According to the serial number it's a 1972. We picked it up for $50 bucks a while back and it has served him well.

I am thinking about adding gears to his bike. I know that Stingrays came from the factory with 3 and 5 speeds,

*1.) Has anyone converted a Stingray to gears that never had them?*

I have a decent parts bin including cranks, headset, wheel sets and other stuff from a girls Stingray donor, plus various odds and ends. I also have a 3 speed Sturmey Archer hub and access to an old girls 5 speed Schwinn Collegiate 5 speed. In fact, I also have a line on a crusty 22" Schwinn Enduro 5 speed bike from he late 80's...

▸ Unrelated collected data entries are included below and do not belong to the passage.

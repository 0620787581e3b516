//! Why a text is no problem text, or no solution text.
ghost use Rattle.std.specs.Prelude.{◌≡◌, ◌⊎◌, if◌then◌else◌};
ghost use Rattle.dmf_text.specs.declared.fault.ProblemFaultKind.TheVariants as problem_kind;
ghost use Rattle.dmf_text.specs.declared.fault.SolutionFaultKind.TheVariants as solution_kind;
ghost use Rattle.dmf_text.specs.Numbers.{numbers_kind};
ghost use Rattle.dmf_text.specs.Problem as problem;
ghost use Rattle.dmf_text.specs.Solution as solution;
ghost use Rattle.dmf_text.specs.Reading.{arc_kind};
ghost use Rattle.dmf_text.specs.SolutionReading.{flow_kind};

use crate::digits::NumberFault;
use crate::exact_fields::WrongFieldCount;
use crate::numbers::NumbersFault;
use dmf_state::{FlowFault, NetFault};
use std::alloc::AllocError;
use std::fmt;
use thiserror::Error;

/// What is wrong with a line of a problem text, or with its end.
#[derive(Clone, Copy, Debug, PartialEq, Eq, Error)]
#[error("{}", self.text())]
pub enum ProblemFaultKind {
    /// A node or arc line comes before the problem line, or the text has no problem line.
    ProblemLineExpected = 1,
    /// A problem line comes after the problem line.
    SecondProblemLine = 2,
    /// The first field is not `p`, `n` or `a`, and does not begin with `c`.
    UnknownLine = 3,
    /// The second field of the problem line is not `max`.
    NotMax = 4,
    /// The line has too few or too many fields.
    FieldCount = 5,
    /// A field that should be a number has a byte that is no digit.
    NotANumber = 6,
    /// A number exceeds 2^64 - 1.
    TooLarge = 7,
    /// The number of nodes is not from 2 to [`dmf_state::MAX_NODES`], or the number of arcs exceeds [`dmf_state::MAX_ARCS`].
    CountOutOfRange = 8,
    /// A node is 0 or exceeds the number of nodes.
    NodeOutOfRange = 9,
    /// The letter of a node line is not `s` or `t`.
    NotSourceOrSink = 10,
    /// An earlier node line has the same letter.
    SecondTerminal = 11,
    /// The source and the sink are the same node.
    SameTerminals = 12,
    /// An arc line comes before the node lines of the source and the sink.
    ArcBeforeTerminals = 13,
    /// There are more arc lines than the problem line says.
    TooManyArcs = 14,
    /// There are fewer arc lines than the problem line says.
    TooFewArcs = 15,
    /// The text ends without a node line of the source or of the sink.
    TerminalMissing = 16,
    /// The sum of the capacities up to this line exceeds 2^64 - 1.
    SumTooLarge = 17,
    /// A request for memory was refused.
    NoMemory = 18,
}

impl ProblemFaultKind {
    /// The text of the fault.
    fn text(self) -> &'static str {
        match self {
            ProblemFaultKind::ProblemLineExpected => "problem line expected",
            ProblemFaultKind::SecondProblemLine => "second problem line",
            ProblemFaultKind::UnknownLine => "unknown line",
            ProblemFaultKind::NotMax => "not a max problem",
            ProblemFaultKind::FieldCount => "wrong number of fields",
            ProblemFaultKind::NotANumber => "not a number",
            ProblemFaultKind::TooLarge => "number too large",
            ProblemFaultKind::CountOutOfRange => "count out of range",
            ProblemFaultKind::NodeOutOfRange => "no such node",
            ProblemFaultKind::NotSourceOrSink => "neither source nor sink",
            ProblemFaultKind::SecondTerminal => "terminal named twice",
            ProblemFaultKind::SameTerminals => "source and sink are the same",
            ProblemFaultKind::ArcBeforeTerminals => "arc before source and sink",
            ProblemFaultKind::TooManyArcs => "too many arcs",
            ProblemFaultKind::TooFewArcs => "too few arcs",
            ProblemFaultKind::TerminalMissing => "source or sink missing",
            ProblemFaultKind::SumTooLarge => "capacities past 64 bits",
            ProblemFaultKind::NoMemory => "no memory",
        }
    }
}

impl From<NumberFault> for ProblemFaultKind {
    ghost from_gives = { λ fault kind. kind ≡ problem.number_fault fault };

    fn from(fault: NumberFault) -> ProblemFaultKind {
        match fault {
            NumberFault::NotANumber => ProblemFaultKind::NotANumber,
            NumberFault::TooLarge => ProblemFaultKind::TooLarge,
        }
    }
}

impl From<WrongFieldCount> for ProblemFaultKind {
    ghost from_gives = { λ _ kind. kind ≡ problem_kind.FieldCount };

    fn from(_count: WrongFieldCount) -> ProblemFaultKind {
        ProblemFaultKind::FieldCount
    }
}

impl From<NumbersFault> for ProblemFaultKind {
    ghost from_gives = { λ fault kind. kind ≡ numbers_kind problem_kind.FieldCount problem.number_fault fault };

    fn from(fault: NumbersFault) -> ProblemFaultKind {
        match fault {
            NumbersFault::FieldCount => ProblemFaultKind::FieldCount,
            NumbersFault::Number(fault) => ProblemFaultKind::from(fault),
        }
    }
}

impl From<NetFault> for ProblemFaultKind {
    ghost from_gives = { λ fault kind. kind ≡ arc_kind fault };

    fn from(fault: NetFault) -> ProblemFaultKind {
        match fault {
            NetFault::NoSuchNode => ProblemFaultKind::NodeOutOfRange,
            NetFault::TooManyArcs => ProblemFaultKind::TooManyArcs,
            NetFault::SumTooLarge => ProblemFaultKind::SumTooLarge,
            NetFault::NoMemory => ProblemFaultKind::NoMemory,
        }
    }
}

/// The first fault of a problem text.
#[derive(Clone, Copy, Debug, PartialEq, Eq, Error)]
#[error("line {line}: {kind}")]
pub struct ProblemFault {
    /// The number of the line, from 1. A fault of the end has the number of lines plus one, and
    /// [`ProblemFaultKind::NoMemory`] has 0.
    pub line: u64,
    /// What is wrong with it.
    pub kind: ProblemFaultKind,
}

impl ProblemFault {
    /// The fault of this line, or of line 0 if memory was refused.
    pub(crate) fn at(line: u64, kind: ProblemFaultKind) -> ProblemFault
        ensures memory { kind ≡ ProblemFaultKind.NoMemory → result ≡ problem.out_of_memory }
        ensures told { (result ≡ problem.out_of_memory) ⊎ (result ≡ record { line = line; kind = kind }) }
    {
        let line = told_line(line, kind == ProblemFaultKind::NoMemory);
        ProblemFault { line, kind }
    }
}

/// What is wrong with a line of a solution text, or with its end.
#[derive(Clone, Copy, Debug, PartialEq, Eq)]
pub enum SolutionFaultKind {
    /// The first field is not `s` or `f`, and does not begin with `c`.
    UnknownLine,
    /// The line has too few or too many fields.
    FieldCount,
    /// A field that should be a number has a byte that is no digit.
    NotANumber,
    /// A number exceeds 2^64 - 1.
    TooLarge,
    /// No arc leads from this tail to this head.
    NoSuchPair,
    /// The flows from this tail to this head, up to this line, exceed the capacities of the arcs together.
    OverCapacity,
    /// A value line comes after the value line.
    SecondValue,
    /// The text has no value line.
    ValueMissing,
    /// This node, neither source nor sink, does not conserve flow. It is the least such node.
    NotConserved(u32),
    /// The value of the flow differs from the value that the value line says.
    ValueDiffers,
    /// A request for memory was refused.
    NoMemory,
}

impl SolutionFaultKind {
    /// The text of the fault, without the node.
    fn text(self) -> &'static str {
        match self {
            SolutionFaultKind::UnknownLine => "unknown line",
            SolutionFaultKind::FieldCount => "wrong number of fields",
            SolutionFaultKind::NotANumber => "not a number",
            SolutionFaultKind::TooLarge => "number too large",
            SolutionFaultKind::NoSuchPair => "no such arc",
            SolutionFaultKind::OverCapacity => "over capacity",
            SolutionFaultKind::SecondValue => "second value line",
            SolutionFaultKind::ValueMissing => "value line missing",
            SolutionFaultKind::NotConserved(_) => "flow not conserved",
            SolutionFaultKind::ValueDiffers => "value differs",
            SolutionFaultKind::NoMemory => "no memory",
        }
    }
}

impl fmt::Display for SolutionFaultKind {
    fn fmt<W: fmt::Write>(&self, f: &mut fmt::Formatter<W>) -> fmt::Result {
        let text = self.text();
        match self {
            SolutionFaultKind::NotConserved(node) => write!(f, "{text} at node {node}"),
            _ => f.write_str(text),
        }
    }
}

impl std::error::Error for SolutionFaultKind {}

impl From<NumberFault> for SolutionFaultKind {
    ghost from_gives = { λ fault kind. kind ≡ solution.number_fault fault };

    fn from(fault: NumberFault) -> SolutionFaultKind {
        match fault {
            NumberFault::NotANumber => SolutionFaultKind::NotANumber,
            NumberFault::TooLarge => SolutionFaultKind::TooLarge,
        }
    }
}

impl From<WrongFieldCount> for SolutionFaultKind {
    ghost from_gives = { λ _ kind. kind ≡ solution_kind.FieldCount };

    fn from(_count: WrongFieldCount) -> SolutionFaultKind {
        SolutionFaultKind::FieldCount
    }
}

impl From<NumbersFault> for SolutionFaultKind {
    ghost from_gives = { λ fault kind. kind ≡ numbers_kind solution_kind.FieldCount solution.number_fault fault };

    fn from(fault: NumbersFault) -> SolutionFaultKind {
        match fault {
            NumbersFault::FieldCount => SolutionFaultKind::FieldCount,
            NumbersFault::Number(fault) => SolutionFaultKind::from(fault),
        }
    }
}

impl From<FlowFault> for SolutionFaultKind {
    ghost from_gives = { λ fault kind. kind ≡ flow_kind fault };

    fn from(fault: FlowFault) -> SolutionFaultKind {
        match fault {
            FlowFault::OverCapacity(_) => SolutionFaultKind::OverCapacity,
            FlowFault::NotConserved(node) => SolutionFaultKind::NotConserved(node),
            FlowFault::Negative => SolutionFaultKind::ValueDiffers,
            FlowFault::NoMemory => SolutionFaultKind::NoMemory,
        }
    }
}

impl From<AllocError> for SolutionFaultKind {
    ghost from_gives = { λ _ kind. kind ≡ solution_kind.NoMemory };

    fn from(_error: AllocError) -> SolutionFaultKind {
        SolutionFaultKind::NoMemory
    }
}

/// The first fault of a solution text.
#[derive(Clone, Copy, Debug, PartialEq, Eq, Error)]
#[error("line {line}: {kind}")]
pub struct SolutionFault {
    /// The number of the line, from 1. A fault of the end has the number of lines plus one, and
    /// [`SolutionFaultKind::NoMemory`] has 0.
    pub line: u64,
    /// What is wrong with it.
    pub kind: SolutionFaultKind,
}

impl SolutionFault {
    /// The fault of this line, or of line 0 if memory was refused.
    pub(crate) fn at(line: u64, kind: SolutionFaultKind) -> SolutionFault
        ensures memory { kind ≡ SolutionFaultKind.NoMemory → result ≡ solution.solution_out_of_memory }
        ensures told { (result ≡ solution.solution_out_of_memory) ⊎ (result ≡ record { line = line; kind = kind }) }
    {
        let line = told_line(line, kind == SolutionFaultKind::NoMemory);
        SolutionFault { line, kind }
    }
}

/// The number of the line that a fault names: this line's number, or 0 where memory was refused.
fn told_line(line: u64, is_memory: bool) -> u64
    ensures { result ≡ (if is_memory then 0 else line) }
{
    if is_memory { 0 } else { line }
}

*2.) Does anyone know if the bottom bracket/headset are all the same from the Stingray, Collegiate, Enduro? *


BTW  the Stingray has never been original since we've had it. And it has been thrashed by an unknown number of kids over the years, so I think it's time for a rebuild!

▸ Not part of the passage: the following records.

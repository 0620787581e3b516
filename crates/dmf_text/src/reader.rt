//! Sources of bytes.
ghost use Rattle.std.specs.Prelude.{◌≡◌, ◌≤◌, ◌||◌, length, false, Ok, IfOk, IsErr, MatchResult, is_err};
ghost use Rattle.std.specs.Io.KnownBytes.{ReadConsumes};
ghost use Rattle.dmf_text.specs.Streams.{Reader};

use std::io;
use std::io::Read;
use thiserror::Error;

/// A call of a reader or a writer failed.
#[derive(Clone, Copy, Debug, PartialEq, Eq, Error)]
#[error("the call failed")]
pub struct Failed;

/// A reader of bytes.
pub trait Source {
    // The bytes that reads will still give, if they are known; and the mark, which says whether a read has failed.
    ghost left: { Self → Reader };

    /// Reads some bytes into the beginning of the buffer, and returns how many. If it reads none into a buffer that is not empty, the
    /// source has ended. A failed read takes no byte.
    fn read(&mut self, buffer: &mut [u8]) -> Result<usize, Failed>
        ensures bound { IfOk result (λ n. n ≤ length buffer.new) }
        ensures bytes { ReadConsumes (left self.old).known (left self.new).known result buffer.new }
        ensures mark { (left self.new).has_failed ≡ (is_err result || (left self.old).has_failed) };
}

/// A std reader as a source. Each error becomes [`Failed`], also one of kind `Interrupted`.
#[derive(Drop)]
pub struct StdSource<R> {
    reader: R,
    failed: bool,
}

impl<R: Read> StdSource<R> {
    /// Makes a source of the bytes that the reader has left. Takes no memory.
    pub fn new(reader: R) -> StdSource<R>
        ensures bytes { (⟦<StdSource<R> as Source>⟧.left result).known ≡ R.remaining reader }
        ensures mark { (⟦<StdSource<R> as Source>⟧.left result).has_failed ≡ false }
    {
        StdSource {
            reader,
            failed: false,
        }
    }
}

impl<R: Read> Source for StdSource<R> {
    ghost left = { λ s. record { known = R.remaining s.reader; has_failed = s.failed } };

    fn read(&mut self, buffer: &mut [u8]) -> Result<usize, Failed> {
        let given = without_reason(self.reader.read(buffer));
        self.failed |= given.is_err();
        given
    }
}

/// The result of a std call, with each error as [`Failed`].
pub(crate) fn without_reason<T>(answer: io::Result<T>) -> Result<T, Failed>
    ensures { MatchResult answer (λ value. result ≡ Ok value) (λ _. IsErr result) }
{
    answer.map_err(|_| Failed)
}
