//! Laws about texts, each the contract of a function with an empty body.
ghost use Rattle.dmf_text.specs.Laws.{AcceptedIsState};

/// The law that a problem text without a fault stands for a state.
pub fn accepted_is_state()
    ensures { AcceptedIsState }
{}
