//! The lines of a text.
ghost use Rattle.std.specs.Prelude.{◌≡◌, ℕ, ◌+◌, ◌<◌, ◌≤◌, ◌^◌, List, length};
ghost use Rattle.std.specs.Iterator.{YieldsFirstBy, item_count};
ghost use Rattle.std.specs.List.{enumerate_from};
ghost use Rattle.dmf_text.specs.Lines.{numbered_lines};

use crate::arc_line::{ProblemLine, arc_in_front};
use bstr::ByteSlice;
use std::marker::Model;

/// An iterator over the lines of a text, each with its number, counted from 1. A line ends at a line feed or at the end of the text. A
/// carriage return directly before the line feed does not belong to it. What follows the last line feed is a line unless it is empty.
/// Each line is a slice of the text. Takes no memory.
#[derive(Drop)]
pub struct Lines<'a> {
    given: u64,
    left: bstr::Lines<'a>,
}

impl<'a> Model for Lines<'a> {
    ghost Value = { List (ℕ × List ℕ) };

    ghost view = { λ s. enumerate_from (s.given + 1) s.left };

    ghost invariant = { λ s. s.given + length s.left < 2 ^ 64 };
}

impl<'a> Lines<'a> {
    /// The lines of this text.
    pub fn new(text: &'a [u8]) -> Lines<'a>
        ensures lines { result ≡ numbered_lines text.now }
        ensures len { length result ≤ length text.now }
    {
        Lines {
            given: 0,
            left: text.lines(),
        }
    }
}

impl<'a> Lines<'a> {
    ghost use Rattle.std.specs.Prelude.{[], MatchOption};
    ghost use Rattle.dmf_text.specs.ProblemLine.{BeginsWithLine};

    /// Takes the next line, if there is one, as a line of a problem text.
    pub(crate) fn next_of_problem(&mut self) -> Option<(u64, ProblemLine<'a>)>
        ensures { MatchOption result (self.old ≡ []) (λ given. BeginsWithLine self.old given.0 given.1 self.new) }
    {
        if let Some((arc, behind)) = arc_in_front(self.left.as_bytes()) {
            self.given += 1;
            self.left = behind.lines();
            return Some((self.given, ProblemLine::Arc(arc)));
        }
        let (number, line) = self.next()?;
        Some((number, ProblemLine::Bytes(line)))
    }
}

impl<'a> Iterator for Lines<'a> {
    type Item = (u64, &'a [u8]);

    ghost next_gives = { YieldsFirstBy (λ item. (item.0, item.1.now)) (λ left. left) };

    ghost remaining = { item_count (λ left. left) };

    fn next(&mut self) -> Option<(u64, &'a [u8])> {
        let line = self.left.next()?;
        self.given += 1;
        Some((self.given, line))
    }
}
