//! Sinks for bytes.
ghost use Rattle.std.specs.Prelude.{◌≡◌, ◌≢◌, ◌↔◌, ◌⊎◌, ◌≤◌, ◌<◌, ◌||◌, [], length, false, Ok, IfOk, IsErr, is_err};
ghost use Rattle.std.specs.Io.KnownBytes.{Keeps, WriteAppends};
ghost use Rattle.dmf_text.specs.Streams.{Writer};
ghost use Rattle.dmf_text.specs.Writing.{Writes};

use super::reader::{Failed, without_reason};
use std::io;
use std::io::Write;
use thiserror::Error;

/// A put failed, so only a prefix of the text was written.
#[derive(Clone, Copy, Debug, PartialEq, Eq, Error)]
#[error("write failed")]
pub struct WriteFault;

/// A writer of bytes.
pub trait Sink {
    // The bytes that the writer holds, if they are known; and the mark, which says whether a call has failed.
    ghost written: { Self → Writer };

    /// Writes a prefix of the bytes, and returns its length, which is 0 only if there are no bytes. A failed put writes no byte.
    fn put(&mut self, bytes: &[u8]) -> Result<usize, Failed>
        ensures bound { IfOk result (λ n. n ≤ length bytes.now) }
        ensures some { IfOk result (λ n. 0 < length bytes.now → 0 < n) }
        ensures bytes { WriteAppends (written self.old).contents (written self.new).contents result bytes.now }
        ensures mark { (written self.new).has_failed ≡ (is_err result || (written self.old).has_failed) };

    /// Flushes what was written so far.
    fn flush(&mut self) -> Result<(), Failed>
        ensures bytes { Keeps (written self.old).contents (written self.new).contents }
        ensures mark { (written self.new).has_failed ≡ (is_err result || (written self.old).has_failed) };
}

/// A std writer as a sink. Each error becomes [`Failed`], also one of kind `Interrupted`, and so does a write that takes none of some bytes.
#[derive(Drop)]
pub struct StdSink<W> {
    writer: W,
    failed: bool,
}

impl<W: Write> StdSink<W> {
    /// Makes a sink of the writer. Takes no memory.
    pub fn new(writer: W) -> StdSink<W>
        ensures bytes { (⟦<StdSink<W> as Sink>⟧.written result).contents ≡ W.contents writer }
        ensures mark { (⟦<StdSink<W> as Sink>⟧.written result).has_failed ≡ false }
    {
        StdSink {
            writer,
            failed: false,
        }
    }
}

impl<W: Write> Sink for StdSink<W> {
    ghost written = { λ s. record { contents = W.contents s.writer; has_failed = s.failed } };

    fn put(&mut self, bytes: &[u8]) -> Result<usize, Failed> {
        let taken = taken(self.writer.write(bytes), bytes);
        self.failed |= taken.is_err();
        taken
    }

    fn flush(&mut self) -> Result<(), Failed> {
        let passed_on = without_reason(self.writer.flush());
        self.failed |= passed_on.is_err();
        passed_on
    }
}

/// The result of writing the bytes. A count of 0 for some bytes is [`Failed`] too.
fn taken(answer: io::Result<usize>, bytes: &[u8]) -> Result<usize, Failed>
    ensures fails { IsErr result ↔ (IsErr answer ⊎ ((answer ≡ Ok 0) × (bytes.now ≢ []))) }
    ensures count { IfOk result (λ n. answer ≡ Ok n) }
{
    match answer {
        Ok(0) if !bytes.is_empty() => Err(Failed),
        answer => without_reason(answer),
    }
}

/// Writes the whole text, in as many puts as that needs. Takes no memory, and does not flush.
pub fn put_all<W: Sink>(out: &mut W, text: &[u8]) -> Result<(), WriteFault>
    ensures { Writes (W.written out.old) (W.written out.new) result text.now }
{
    let mut rest = text;
    while !rest.is_empty() {
        let Ok(taken) = out.put(rest) else {
            return Err(WriteFault);
        };
        rest = &rest[taken..];
    }
    Ok(())
}
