//! Problem texts.
ghost use Rattle.std.specs.Prelude.{◌≡◌, ◌⊎◌, IsErrOf};
ghost use Rattle.dmf_text.specs.Problem.{problem_of};
ghost use Rattle.dmf_text.specs.Problem.{out_of_memory};

use crate::fault::ProblemFault;
use crate::line::Lines;
use crate::reading::Reading;
use dmf_state::State;
use std::alloc::Global;

/// Reads a problem text, in the format of the First DIMACS Implementation Challenge (1990), maximum flow.
///
/// The arcs are those of the arc lines, in order, without flow. Fails with the first fault of the text, or with
/// [`crate::ProblemFaultKind::NoMemory`] at line 0 if memory is refused.
pub fn read_problem(alloc: Global, text: &[u8]) -> Result<State, ProblemFault>
    ensures { IsErrOf result out_of_memory ⊎ (result ≡ problem_of text.now) }
{
    let mut reading = Reading::Start;
    let mut lines = Lines::new(text);
    let mut last = 0;
    while let Some((number, line)) = lines.next_of_problem() {
        if let Err(kind) = reading.take_line(alloc, line) {
            return Err(ProblemFault::at(number, kind));
        }
        last = number;
    }
    match reading.finish() {
        Ok(state) => Ok(state),
        Err(kind) => Err(ProblemFault::at(last + 1, kind)),
    }
}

My oldest son just crossed over to a Mountain bike (he's 5'3"). Trying to keep my youngest on the Stingray a bit longer.... plus they do a lot of the work on their bikes, trying to teach them to fix/upgrade instead of replace.

Thanks in advance!


----------



## GTs58 (Feb 20, 2016)

Welcome to the Cabe. If you're planning on adding gears, a 5 speed may be out of the question since that bike was not set up for caliper brakes, front or rear. Installing drum or disc brakes would break the bank. How about a two speed auto?


----------



## A.D.D. (Feb 20, 2016)

My other son's Columbia has a 2 speed kickback. (red stripe).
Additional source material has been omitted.